How Serotonin Impacts The Way We Eat And Our Appetite
Brainstem-derived serotonin influences cognitive functions such as eating behaviors and regulated homeostatic functions of appetite and energy expenditure. On the other hand, gut-derived serotonin impacts feeding activity.
Serotonin helps regulate appetite by acting as a natural appetite suppressant for many people.
If the brain gets enough serotonin naturally, it will not demand that one eat excessively to get more serotonin. However, if there isn't enough serotonin in the brain, the brain looks for the chemical elsewhere, such as through eating food.
The central serotonin system regulates the ingestion of salt and food, acting as a regulator of ingestion (appetite and sodium appetite). Centrally, serotonin reduces appetite through the 5-HT1B and 5-HT2C receptors while one is eating.
Since most of the body's serotonin is in the gastrointestinal tract, it regulates bowel movements and functions. The enterochromaffin cells sense food in the stomach and in response, release serotonin and their increased levels in the gut lead to an increase in the speed of the digestive process, mostly due to the digestion of noxious substances and toxins.
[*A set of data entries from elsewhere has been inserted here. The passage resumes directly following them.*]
//! Documents as rows write them.

ghost use Rattle.std.specs.Prelude.{◌≡◌, map, IfOk};
ghost use Rattle.row_settings.specs.Settings.{quoted_byte};

use std::alloc::Global;
use txn_types::{OutOfMemory, Text};

fn quoted_byte(byte: u8) -> u8
    ensures { result ≡ quoted_byte byte }
{
    if byte == b'\'' { b'"' } else { byte }
}

/// The bytes of a document in which ' stands for quotation marks.
pub fn quoted(alloc: Global, document: &[u8]) -> Result<Text, OutOfMemory>
    ensures { IfOk result (λ bytes. bytes ≡ map quoted_byte document.now) }
{
    let mut bytes = Text::new(alloc);
    for byte in document {
        bytes.push(quoted_byte(*byte))?;
    }
    Ok(bytes)
}
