//! Sources and sinks in small pieces, and the number and line of each status.

use super::*;
use par_top::{DocFault, Status, status_code};

/// What a run writes of the transfer document.
pub const TRANSFER_TEXT: &str =
    "blocks 1\npeer p1 completed 1\nblock 1 736451c8f7eecfcc365addef3327c516f9701079c13dbfe32ef9e21eb649ed19\ntxn 1 bank transfer commit a=6 b=4\nstate 2\nvalue a 6\nvalue b 4\nmessages 2\nidle 0\n";

const OVERFLOW_TEXT: &str =
    "blocks 1\npeer p1 completed 1\nblock 1 736451c8f7eecfcc365addef3327c516f9701079c13dbfe32ef9e21eb649ed19\ntxn 1 bank transfer abort overflow\nstate 2\nvalue a 10\nvalue b 4611686018427387903\nmessages 2\nidle 0\n";

const REQUEST: &str =
    "{\"client\":\"c1\",\"app\":\"bank\",\"op\":\"transfer\",\"args\":[\"a\",\"b\",4],\"reads\":[\"a\",\"b\"],\"writes\":[\"a\",\"b\"]}";

const EMPTY_TEXT: &str = "blocks 0\npeer p1 completed 0\nstate 1\nvalue a 10\nmessages 0\nidle 0\n";

fn words_of(alloc: Global, line: &str) -> Result<Vec<String>, AllocError> {
    let mut words = Vec::new(alloc);
    for word in line.split_whitespace() {
        words.push(String::from_str(alloc, word)?)?;
    }
    Ok(words)
}

/// What is said and written over memory in pieces of 100 and 16 bytes, which fails in the calls that are listed.
pub fn in_pieces<R: Threads + Sync>(
    rt: &R,
    alloc: Global,
    line: &str,
    document: &str,
    failing: (&[u32], &[u32]),
) -> Result<Said, Fail> {
    let mut sink = MemSink::new(alloc, 16, 20_000, failing.1)?;
    into_sink(rt, alloc, line, document, failing.0, &mut sink)
}

/// What is said and written where memory is read in pieces of 100 bytes, which fails in the calls that are listed.
pub fn into_sink<R: Threads + Sync>(
    rt: &R,
    alloc: Global,
    line: &str,
    document: &str,
    failing: &[u32],
    sink: &mut MemSink<'_>,
) -> Result<Said, Fail> {
    let words = words_of(alloc, line)?;
    let mut source = MemSource::new(document.as_bytes(), 100, failing);
    let status = run(rt, alloc, words.as_slice(), &mut source, sink, &FreeGate);
    let line = status_line(alloc, &status)?;
    Ok(Said {
        text: text_of(alloc, sink.bytes())?,
        line: text_of(alloc, line.as_slice())?,
    })
}

// A document gives its text, in pieces that the source and the sink choose.
#[test]
fn pieces(rt: HostRuntime) -> Result<(), Fail> {
    let alloc = rt.alloc();
    let full = replaced(alloc, TRANSFER, "[\"b\",0]", "[\"b\",4611686018427387903]")?;
    let empty = replaced(alloc, TRANSFER, REQUEST, "")?;
    for (document, text) in [
        (TRANSFER, TRANSFER_TEXT),
        (full.as_str(), OVERFLOW_TEXT),
        (empty.as_str(), EMPTY_TEXT),
    ] {
        let said = in_pieces(&rt, alloc, "run", document, (&[], &[]))?;
        assert_eq!(rt; said.line.as_str(), "", "{document}");
        assert_eq!(rt; said.text.as_str(), text, "{document}");
    }
    Ok(())
}

// Each status has its number.
#[test]
fn numbers(rt: HostRuntime) {
    for (status, number) in [
        (Status::Ok, 0),
        (Status::Usage, 2),
        (Status::Refused(DocFault::NotJson), 3),
        (Status::OutOfMemory, 4),
        (Status::ReadFault, 5),
        (Status::WriteFault, 6),
    ] {
        assert_eq!(rt; status_code(&status), number);
    }
}

// The lines that no other test sees.
#[test]
fn lines(rt: HostRuntime) -> Result<(), Fail> {
    let line = status_line(rt.alloc(), &Status::Ok)?;
    assert_eq!(rt; line.as_slice(), b"".as_slice());
    let line = status_line(rt.alloc(), &Status::OutOfMemory)?;
    assert_eq!(rt; line.as_slice(), b"parblock: out of memory\n".as_slice());
    Ok(())
}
The Specific Physiological Changes That Occur In The Body With Increased Intake Of Serotonin-Enhancing Foods
Note: For this research, a physiological change was defined as a "change in the normal function of a living organism." A similar description is, "physiological changes refer to the alterations that occur in a living organism over time. These changes can be observed at various levels, including cardiovascular, digestive, pulmonary, hematological, and endocrine systems."
Increased serotonin synthesis: Increased intake of foods that are rich in tryptophan increases its availability in the bloodstream and once it crosses the blood-brain barrier, it is converted to serotonin.
Enhanced gut health: A significant portion of the body's serotonin is produced in the gut and increased consumption of foods supporting a healthy gut microbiome, such as fermented foods and those high in fiber, promote serotonin production in the gastrointestinal tract.
Improved sleep regulation: Serotonin is a precursor to melatonin, the hormone that regulates sleep-wake cycles. Increased serotonin from dietary sources leads to higher melatonin production. In a study, students consuming tryptophan-rich foods had better sleep.
Modulated stress response: Serotonin influences the hypothalamic-pituitary-adrenal (HPA) axis, which regulates the body's response to stress.
Regulated appetite: Serotonin plays a crucial role in controlling appetite and satiety. Increased serotonin levels help regulate hunger signals and promote feelings of fullness. Enhanced serotonergic activity enhances satiety through the increase in the rate of satiation and lengthening the state of satiety.
Reduced inflammation: Some serotonin-enhancing foods, particularly those rich in omega-3 fatty acids like salmon, have anti-inflammatory properties.